%%

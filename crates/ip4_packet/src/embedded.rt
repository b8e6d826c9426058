//! The packet inside an ICMP error (RFC 792), of which nothing but its header's place is judged.

ghost use Rattle.std.specs.Prelude.{◌≡◌, IfSome, IfNone};
ghost use Rattle.ip4_packet.specs.Grammar.{payload_of4};
ghost use Rattle.ip4_packet.specs.Embedded.{HasHeader4, LacksHeader4};

use crate::fault::{header_len, is_not_ip};
use crate::head::Head4;
use crate::layout::HEADER_LEN;
use crate::read::fields;

impl Head4 {
    /// The header at the front of an embedded packet (RFC 792). Its declared length may pass the octets
    /// that stand. Sum, options, fragment fields and destination aren't looked at, so `routed` is false.
    ///
    /// None exactly where no header stands there: another version, a header length below 20, or fewer
    /// octets than the header has.
    pub fn read_embedded(octets: &[u8]) -> Option<Head4>
        ensures header { IfSome result (λ h. HasHeader4 h octets.now) }
        ensures lacking { IfNone result (LacksHeader4 octets.now) }
    {
        if octets.len() < HEADER_LEN || is_not_ip(octets) {
            return None;
        }
        let len = header_len(octets);
        if len < HEADER_LEN || octets.len() < len {
            return None;
        }
        Some(fields(octets, false))
    }

    /// The payload among the octets that begin with this header: those behind the header, up to the
    /// declared total length or, of a packet that was cut, as far as they stand.
    pub fn payload<'a>(&self, octets: &'a [u8]) -> &'a [u8]
        ensures { result.now ≡ payload_of4 self.now octets.now }
    {
        let end = octets.len().min(usize::from(self.total));
        let start = end.min(usize::from(self.head_len));
        &octets[start..end]
    }
}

%%

### What is needed:
Find every line above where the word "declared" occurs, and copy that line.

### Solution for this problem:
    /// The header at the front of an embedded packet (RFC 792). Its declared length may pass the octets
    /// declared total length or, of a packet that was cut, as far as they stand.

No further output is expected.